Sopratutto il primo direi... Quello di Marchisio è più un colpo d'istinto quando sei in corsa e la palla ti arriva all'improvviso.. Quello veramente scandaloso è il nano che non segna neanche se lo metti sulla linea di porta


----------



## Roten1896 (29 Gennaio 2013)

*Il gol sbagliato da Marchisio*

Marchisio


----------



## LeonFlare (29 Gennaio 2013)

Bell'arbitraggio


----------



## chicagousait (29 Gennaio 2013)

Gli ultimi sei minuti sono valsi i precedenti 90. che goduria veder esultare gli giuventini per il pareggio e 30 secondi dopo vederli sprofondare per il gol laziale


----------



## juventino (29 Gennaio 2013)

Tutto quello che volete, ma la Lazio contro di noi ha una fortuna clamorosa. 
Giovinco non lo voglio più vedere, oggi mi ha letteralmente fatto smadonnare tutta la partita. Il gol sbagliato nel finale è stata l'apoteosi. Oltre ad essere scarso fino all'inverosimile è anche un neonato presuntuoso. Fossi Conte non gli farei più vedere il campo.


----------



## iceman. (29 Gennaio 2013)

giovinco e' un cesso pauroso, mai piaciuto bleah


----------



## Andreas89 (29 Gennaio 2013)

Allora il Triplete???Molti di voi dicevano che era cosa fatta ed io c'avevo messo il pensiero.....


----------



## Albijol (29 Gennaio 2013)

Voglio avere anche io il senso del gol di Gioperdo , Dio perché non mi hai dato il suo dono?


----------



## Nivre (29 Gennaio 2013)

Gli attaccanti della juve sono di una scarsità allucinante, mamma mia che schifo.
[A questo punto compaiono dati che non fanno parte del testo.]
ghost use Rattle.std.specs.Prelude.{◌≡◌, ℕ, [], true, nat_lt, slice_index_or};
ghost use Rattle.std.specs.List.{list_any};
ghost use Rattle.abc_checks.specs.Graphs.{level_of, NoneRises, Path};

use crate::walk::arrows_of;
use abc_value::List;

/// The level of the node; 0 where there is none for it.
fn level_of(levels: &[usize], node: usize) -> usize
    ensures { result ≡ level_of levels.now node }
{
    match levels.get(node) {
        Some(level) => *level,
        None => 0,
    }
}

/// Whether one of the nodes has a level above the bound.
fn any_above(levels: &[usize], bound: usize, nodes: &[usize]) -> bool
    ensures { result ≡ list_any (λ j. nat_lt bound (level_of levels.now j)) nodes.now }
{
    for node in nodes {
        if bound < level_of(levels, *node) {
            return true;
        }
    }
    false
}

/// Whether no arrow leads to a higher level.
pub fn none_rises(graph: &[List<usize>], levels: &[usize]) -> bool
    ensures { result ≡ true → NoneRises graph.now levels.now }
{
    for node in 0..graph.len() {
        if any_above(levels, level_of(levels, node), arrows_of(graph, node)) {
            return false;
        }
    }
    true
}

/// Whether each arrow of the node leads to a lower level.
pub fn only_falls(graph: &[List<usize>], levels: &[usize], node: usize) -> bool
    ensures { result ≡ true → NoneRises graph.now levels.now → ¬ Path graph.now node node }
{
    let level = level_of(levels, node);
    level > 0 && !any_above(levels, level - 1, arrows_of(graph, node))
}
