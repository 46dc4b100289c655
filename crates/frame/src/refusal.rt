// Why a frame word is refused. A refusal's number on the card is its discriminant.
ghost use Rattle.std.specs.Prelude.{◌≡◌};
ghost use Rattle.frame.specs.Numbers.{number_of};

use thiserror::Error;

#[derive(Clone, Copy, PartialEq, Eq, Debug, Error)]
pub enum FrameRefusal {
    #[error("start of frame is not 00")]
    Start = 1,
    #[error("turnaround of an address or write frame is not 10")]
    Turnaround = 2,
    #[error("port or device above 31")]
    Address = 5,
}

impl FrameRefusal {
    // The refusal's number on the card.
    pub fn number(self) -> u8
        ensures { result ≡ number_of self }
    {
        self as u8
    }
}
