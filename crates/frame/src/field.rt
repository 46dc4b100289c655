// A field of a 32-bit word: a run of bits, by its lowest bit and its width.
ghost use Rattle.std.specs.Prelude.{◌≡◌, ◌+◌, ◌*◌, ◌/◌, ◌%◌, ◌^◌, ◌<◌, ◌≤◌};

#[derive(Clone, Copy, PartialEq, Eq, Debug)]
pub struct Field {
    pub low: u32,
    pub width: u32,
    ghost narrow: { width < 32 },
    ghost within_word: { low + width ≤ 32 },
    ghost low_within_word: { low < 32 },
}

impl Field {
    // What the field holds in a word.
    pub fn of(self, word: u32) -> u32
        ensures { result ≡ word / 2 ^ self.low % 2 ^ self.width }
    {
        let mask = (1 << self.width) - 1;
        (word >> self.low) & mask
    }

    // A word with a value put into this field; so far the word is zero there and below.
    pub fn put(self, word: u32, value: u32) -> u32
        requires clear { word % 2 ^ (self.low + self.width) ≡ 0 }
        requires fits { value < 2 ^ self.width }
        ensures { result ≡ word + value * 2 ^ self.low }
    {
        word | (value << self.low)
    }
}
Spazzini da solo da 10 piste ai loro attaccanti


----------



## vota DC (29 Gennaio 2013)

juventino ha scritto:


> Fossi Conte non gli farei più vedere il campo.



Lui ha i suoi fetish e quando sbaglia persiste pur di non ammettere gli errori per i motivi dettagliatamente spiegati da Pellegatti. Ironicamente il sostituto Carrera ha fatto meglio di lui.


----------



## Blu71 (29 Gennaio 2013)

Giornata di festa ......


----------



## LeonFlare (29 Gennaio 2013)

Andreas89 ha scritto:


> Allora il Triplete???Molti di voi dicevano che era cosa fatta ed io c'avevo messo il pensiero.....
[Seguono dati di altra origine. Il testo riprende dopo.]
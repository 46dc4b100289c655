// The 32-bit management frame word of IEEE 802.3 Clause 45: what it says, and how it is built and split.
#![tactic(auto)]

pub mod address;
mod field;
pub mod frame;
pub mod refusal;
pub mod word;
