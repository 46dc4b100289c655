// A management frame: the operation, and the address of the MMD that it names.
use crate::address::MmdAddress;
use std::fmt;

// The operation of a frame, with the 16 bits that it carries; a read frame carries none.
#[derive(Clone, Copy, PartialEq, Eq, Debug)]
pub enum Operation {
    Address { register: u16 },
    Write { data: u16 },
    Read,
    PostReadIncrement,
}

#[derive(Clone, Copy, PartialEq, Eq, Debug)]
pub struct Frame {
    pub address: MmdAddress,
    pub operation: Operation,
}

// In plain words.
impl fmt::Display for Frame {
    fn fmt<W: fmt::Write>(&self, f: &mut fmt::Formatter<W>) -> fmt::Result {
        let MmdAddress { port, device } = self.address;
        match self.operation {
            Operation::Address { register } => write!(
                f,
                "address port {port} device {device} register {register}"
            ),
            Operation::Write { data } => write!(
                f,
                "write port {port} device {device} data {data:#06x}"
            ),
            Operation::Read => write!(f, "read port {port} device {device}"),
            Operation::PostReadIncrement => write!(
                f,
                "post-read-increment port {port} device {device}"
            ),
        }
    }
}
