// The address of an MMD: the port of its PHY, and its device there.
ghost use Rattle.std.specs.Prelude.{◌≡◌};
ghost use Rattle.frame.specs.Addresses.{addressable, same_address};

#[derive(Clone, Copy, PartialEq, Eq, Debug)]
pub struct MmdAddress {
    pub port: u8,
    pub device: u8,
}

const LAST_PORT: u8 = 31;

const LAST_DEVICE: u8 = 31;

impl MmdAddress {
    // Whether a frame can name it: its fields for the port and the device have five bits each.
    pub fn is_addressable(self) -> bool
        ensures { result ≡ addressable self }
    {
        self.port <= LAST_PORT && self.device <= LAST_DEVICE
    }
}
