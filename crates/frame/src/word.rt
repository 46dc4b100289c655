// Frame words by shifts and masks. A field's place stands once, here, and both directions use it.
//
//   31:30  29:28  27:23  22:18  17:16  15:0
//   ST     OP     PRTAD  DEVAD  TA     ADDRESS or DATA
ghost use Rattle.std.specs.Prelude.{◌≡◌, ◌<◌, true, not, ◌||◌, ◌==◌};
ghost use Rattle.frame.specs.Addresses.{addressable};
ghost use Rattle.frame.specs.Laws.{SplitsBack, OnlyCountingBitsDecide};
ghost use Rattle.frame.specs.Words.{built, drives_low, frame_in, low16_of, op_of, operation_in, split_of, st, ta, ta_of, word_of};

use crate::address::MmdAddress;
use crate::field::Field;
use crate::frame::{Frame, Operation};
use crate::refusal::FrameRefusal;

const ST: Field = Field { low: 30, width: 2 };

const OP: Field = Field { low: 28, width: 2 };

const PRTAD: Field = Field { low: 23, width: 5 };

const DEVAD: Field = Field { low: 18, width: 5 };

const TA: Field = Field { low: 16, width: 2 };

const LOW16: Field = Field { low: 0, width: 16 };

const ST_CLAUSE_45: u32 = 0b00;

const OP_ADDRESS: u32 = 0b00;

const OP_WRITE: u32 = 0b01;

const OP_POST_READ_INCREMENT: u32 = 0b10;

const OP_READ: u32 = 0b11;

const TA_DRIVEN: u32 = 0b10;

const TA_RELEASED: u32 = 0b00;

// The frame that a word spells.
pub fn split(word: u32) -> Result<Frame, FrameRefusal>
    ensures result { result ≡ split_of word }
    ensures only_counting_bits_decide { OnlyCountingBitsDecide word }
{
    if !starts_as_clause_45(word) {
        return Err(FrameRefusal::Start);
    }
    if !turns_around(word) {
        return Err(FrameRefusal::Turnaround);
    }
    Ok(frame_in(word))
}

// The word of a frame.
pub fn build(frame: Frame) -> Result<u32, FrameRefusal>
    ensures result { result ≡ built frame }
    ensures splits_back { SplitsBack frame }
{
    if !frame.address.is_addressable() {
        return Err(FrameRefusal::Address);
    }
    Ok(word_of(frame))
}

fn starts_as_clause_45(word: u32) -> bool
    ensures { result ≡ (st word == 0) }
{
    ST.of(word) == ST_CLAUSE_45
}

// The turnaround is 10, or the station does not drive it.
fn turns_around(word: u32) -> bool
    ensures { result ≡ (not (drives_low word) || ta word == 2) }
{
    turnaround(operation_in(word)) != TA_DRIVEN || TA.of(word) == TA_DRIVEN
}

fn frame_in(word: u32) -> Frame
    ensures { result ≡ frame_in word }
{
    Frame {
        address: MmdAddress {
            port: PRTAD.of(word) as u8,
            device: DEVAD.of(word) as u8,
        },
        operation: operation_in(word),
    }
}

fn operation_in(word: u32) -> Operation
    ensures { result ≡ operation_in word }
{
    let low = LOW16.of(word) as u16;
    match OP.of(word) {
        OP_ADDRESS => Operation::Address { register: low },
        OP_WRITE => Operation::Write { data: low },
        OP_POST_READ_INCREMENT => Operation::PostReadIncrement,
        _ => Operation::Read,
    }
}

fn word_of(frame: Frame) -> u32
    requires { addressable frame.address ≡ true }
    ensures value { result ≡ word_of frame }
    ensures low16_fits { low16_of frame.operation < 65536 }
{
    let word = OP.put(0, op_code(frame.operation));
    let word = PRTAD.put(word, u32::from(frame.address.port));
    let word = DEVAD.put(word, u32::from(frame.address.device));
    let word = TA.put(word, turnaround(frame.operation));
    LOW16.put(word, u32::from(low16(frame.operation)))
}

fn op_code(operation: Operation) -> u32
    ensures { result ≡ op_of operation }
{
    match operation {
        Operation::Address { .. } => OP_ADDRESS,
        Operation::Write { .. } => OP_WRITE,
        Operation::Read => OP_READ,
        Operation::PostReadIncrement => OP_POST_READ_INCREMENT,
    }
}

fn turnaround(operation: Operation) -> u32
    ensures { result ≡ ta_of operation }
{
    match operation {
        Operation::Address { .. } | Operation::Write { .. } => TA_DRIVEN,
        Operation::Read | Operation::PostReadIncrement => TA_RELEASED,
    }
}

fn low16(operation: Operation) -> u16
    ensures { result ≡ low16_of operation }
{
    match operation {
        Operation::Address { register } => register,
        Operation::Write { data } => data,
        Operation::Read | Operation::PostReadIncrement => 0,
    }
}

#[cfg(test)]
mod tests {
    use super::*;

    const PORT_1_DEVICE_3: Frame = Frame {
        address: MmdAddress { port: 1, device: 3 },
        operation: Operation::Read,
    };

    #[test]
    fn worked_frames(rt: HostRuntime) {
        let address = Frame {
            operation: Operation::Address { register: 76 },
            ..PORT_1_DEVICE_3
        };
        assert_eq!(rt; build(address), Ok(0x008e_004c));
        assert_eq!(rt; split(0x008e_004c), Ok(address));
        assert_eq!(rt; build(PORT_1_DEVICE_3), Ok(0x308c_0000));
        assert_eq!(rt; split(0x308c_0000), Ok(PORT_1_DEVICE_3));
        assert_eq!(rt; split(0x308f_ffff), Ok(PORT_1_DEVICE_3));
    }

    #[test]
    fn refused_frames(rt: HostRuntime) {
        assert_eq!(rt; split(0x108d_1234), Err(FrameRefusal::Turnaround));
        assert_eq!(rt; split(0x4000_0000), Err(FrameRefusal::Start));
        assert_eq!(rt;
            build(Frame {
                address: MmdAddress {
                    port: 32,
                    device: 3
                },
                ..PORT_1_DEVICE_3
            }),
            Err(FrameRefusal::Address)
        );
        assert_eq!(rt;
            build(Frame {
                address: MmdAddress {
                    port: 1,
                    device: 32
                },
                ..PORT_1_DEVICE_3
            }),
            Err(FrameRefusal::Address)
        );
        assert_eq!(rt; FrameRefusal::Start.number(), 1);
        assert_eq!(rt; FrameRefusal::Turnaround.number(), 2);
        assert_eq!(rt; FrameRefusal::Address.number(), 5);
    }
}
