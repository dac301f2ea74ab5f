// What refusal 1 asks of the hub's name: 1 to 15 lowercase letters and digits, and zeros after them. Whatever the bytes are, the answer is
// `true` or `false`; the check asks only that all of the table's bytes are there.
#![tactic(auto)]

ghost use Rattle.std.specs.Prelude.{◌≡◌, ◌≤◌, length};
ghost use Rattle.server.specs.Sizes.{connection_count};
ghost use Rattle.server.specs.Layout.{table_size};
ghost use Rattle.check_hub.specs.Hub.{hub_rules};

use server::{HUB_AT, HUB_SIZE};

// Whether the hub has a name, and zeros follow it.
pub fn hub_holds(table: &[u8]) -> bool
    requires { table_size connection_count ≤ length table.now }
    ensures { result ≡ hub_rules table.now }
{
    let name = table_texts::hub_of(table);
    check_image::zeros(table, HUB_AT + name.len(), HUB_SIZE - name.len())
        && handle::is_hub_name(name)
}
Chi ha parlato di triplete ?
Io son convinto che non vinceremo neanche lo scudetto perchè quando un arbitro non ha le palle di fischiare un rigore ai primi minuti (come stasera) o nel finale (contro il genoa) significa che davvero c'è qualcosa che non va, ma non perchè non l'hanno visto ma perchè "NON SE LA SENTONO DI FISCHIARE".


----------



## Morghot (29 Gennaio 2013)

Giovinco e Vucinic sono due cancri, incredibile. Detto ciò godo


----------



## Andreas89 (29 Gennaio 2013)

LeonFlare ha scritto:


> Chi ha parlato di triplete ?
> Io son convinto che non vinceremo neanche lo scudetto perchè quando un arbitro non ha le palle di fischiare un rigore ai primi minuti (come stasera) o nel finale (contro il genoa) significa che davvero c'è qualcosa che non va, ma non perchè non l'hanno visto ma perchè "NON SE LA SENTONO DI FISCHIARE".
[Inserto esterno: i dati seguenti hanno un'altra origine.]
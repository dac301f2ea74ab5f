// The table check of refusal 1: the bytes are an image of the layout, and the table that they hold obeys every table rule. Whatever the
// bytes are, the answer is `true` or `false`; the check asks only that the table's bytes are there. Each part is equal to rules of
// its own, and a part that fails ends the check.
#![tactic(auto)]

ghost use Rattle.std.specs.Prelude.{◌≡◌, true, ◌&&◌, ◌≤◌, ◌*◌, length};
ghost use Rattle.server.specs.Sizes.{connection_count, function_count, job_count, name_size, unique_size};
ghost use Rattle.server.specs.Layout.{backgrounds_at, names_at, opened_at, serials_at, table_size, uniques_at};
ghost use Rattle.server.specs.Call.{is_sound};
ghost use Rattle.table_laws.specs.Tests.{are_flags, are_padded};
ghost use Rattle.check_rows.specs.Rows.{Marked, rows_mean};
ghost use Rattle.check_numbers.specs.Numbers.{number_rules};
ghost use Rattle.check_table.specs.Parts.{byte_rules, text_rules};

use server::{BACKGROUNDS_AT, CONNECTIONS, JOBS, OPENED_AT, SERIALS_AT};

// The flags of all connections.
const FLAGS: usize = 3 * CONNECTIONS;

// Whether each flag is 0 or 1, each name, unique and client id is followed by zeros, only open connections have an id, and the hub has a name.
fn bytes_hold(table: &[u8]) -> bool
    requires { table_size connection_count ≤ length table.now }
    ensures { result ≡ byte_rules table.now }
{
    (check_image::flags(table, BACKGROUNDS_AT, JOBS) & check_image::flags(table, OPENED_AT, FLAGS))
        && check_image::names_padded(table)
        && check_image::uniques_padded(table)
        && (check_ids::ids_hold(table) & check_hub::hub_holds(table))
}

// Whether the rules of numbers hold. `live` has the marks of the serials.
fn numbers_hold(table: &[u8], live: &[u8; JOBS]) -> bool
    requires { (table_size connection_count ≤ length table.now) × (are_flags job_count table.now backgrounds_at ≡ true) × (are_flags (3 * connection_count) table.now (opened_at connection_count) ≡ true) × Marked 4 table.now serials_at live.now }
    ensures { result ≡ rows_mean table.now && number_rules table.now }
{
    check_rows::rows_mean(table, live) && check_numbers::numbers_hold(table)
}

// Whether the rules that read texts hold.
fn texts_hold(table: &[u8], live: &[u8; JOBS]) -> bool
    requires { (table_size connection_count ≤ length table.now) × (are_padded name_size function_count table.now names_at ≡ true) × (are_padded unique_size job_count table.now uniques_at ≡ true) × Marked 4 table.now serials_at live.now }
    ensures { result ≡ text_rules table.now }
{
    check_texts::stored_hold(table, live)
        && check_texts::sizes_hold(table)
        && check_keys::names_hold(table)
        && check_keys::uniques_hold(table)
}

// Whether the bytes are an image of the layout whose table obeys every table rule.
pub fn is_sound(table: &[u8]) -> bool
    requires { table_size connection_count ≤ length table.now }
    ensures { result ≡ is_sound connection_count table.now }
{
    if !bytes_hold(table) {
        return false;
    }
    let live = check_rows::marks4(table, SERIALS_AT);
    numbers_hold(table, &live) && texts_hold(table, &live)
}
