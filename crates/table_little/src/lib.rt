// Numbers in lent bytes, little-endian: of four bytes and of two, read and laid. An inner crate: each function asks its callers that
// the place lies inside the bytes, and refuses nothing.
#![tactic(auto)]

ghost use Rattle.std.specs.Prelude.{◌≡◌, ◌+◌, ◌≤◌, length};
ghost use Rattle.octets.specs.Put.{put};
ghost use Rattle.server.specs.Layout.{little, little_at};

// A number in four bytes, the lowest first.
pub fn number4(b: &[u8], at: usize) -> u32
    requires { at + 4 ≤ length b.now }
    ensures { result ≡ little_at 4 b.now at }
{
    u32::from_le_bytes([b[at], b[at + 1], b[at + 2], b[at + 3]])
}

// A number in two bytes, the lowest first.
pub fn number2(b: &[u8], at: usize) -> u16
    requires { at + 2 ≤ length b.now }
    ensures { result ≡ little_at 2 b.now at }
{
    u16::from_le_bytes([b[at], b[at + 1]])
}

// Lays a number in four bytes over `b` from `at` on.
pub fn put4(b: &mut [u8], at: usize, x: u32)
    requires { at + 4 ≤ length b.old }
    ensures { b.new ≡ put at (little 4 x) b.old }
{
    let four = x.to_le_bytes();
    octets::put(b, at, &four);
}

// Lays a number in two bytes over `b` from `at` on.
pub fn put2(b: &mut [u8], at: usize, x: u16)
    requires { at + 2 ≤ length b.old }
    ensures { b.new ≡ put at (little 2 x) b.old }
{
    let two = x.to_le_bytes();
    octets::put(b, at, &two);
}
Lo scudetto lo vincete e comunque era riferito ad alcuni miei colleghi di tifo,non ce l'avevo con voi ed era fatta con tono scherzoso.


----------



## Fabry_cekko (29 Gennaio 2013)

LeonFlare ha scritto:


> Chi ha parlato di triplete ?
> Io son convinto che non vinceremo neanche lo scudetto perchè quando un arbitro non ha le palle di fischiare un rigore ai primi minuti (come stasera) o nel finale (contro il genoa) significa che davvero c'è qualcosa che non va, ma non perchè non l'hanno visto ma perchè "NON SE LA SENTONO DI FISCHIARE".



per voi è sempre colpa dell'arbitro


----------



## Corpsegrinder (29 Gennaio 2013)

L'arbitro di dov'era? Magari era toscano...proprio come Mazzarri! Complotto!1!!


----------



## LeonFlare (29 Gennaio 2013)

Fabry_cekko ha scritto:


> per voi è sempre colpa dell'arbitro



A me non mi frega nulla sinceramente, cioè poteva darci il rigore e preferivo perdere 1-4, ma caspita se è rigore perchè non lo FISCHI ? Guardati le partite della Juve con serenità e giudica.


----------



## Albijol (29 Gennaio 2013)

LOL l'arbitro ha dato OTTO MINUTI DI RECUPERO per farvi segnare e i rubentini gridano al complotto. AGGHIACCIANDE


----------



## Nivre (29 Gennaio 2013)

Comunque la lazio e la bestia nera della juve, da tempo immemore. Grande Lazie


----------



## juventino (29 Gennaio 2013)

LeonFlare ha scritto:


> Chi ha parlato di triplete ?
> Io son convinto che non vinceremo neanche lo scudetto perchè quando un arbitro non ha le palle di fischiare un rigore ai primi minuti (come stasera) o nel finale (contro il genoa) significa che davvero c'è qualcosa che non va, ma non perchè non l'hanno visto ma perchè "NON SE LA SENTONO DI FISCHIARE".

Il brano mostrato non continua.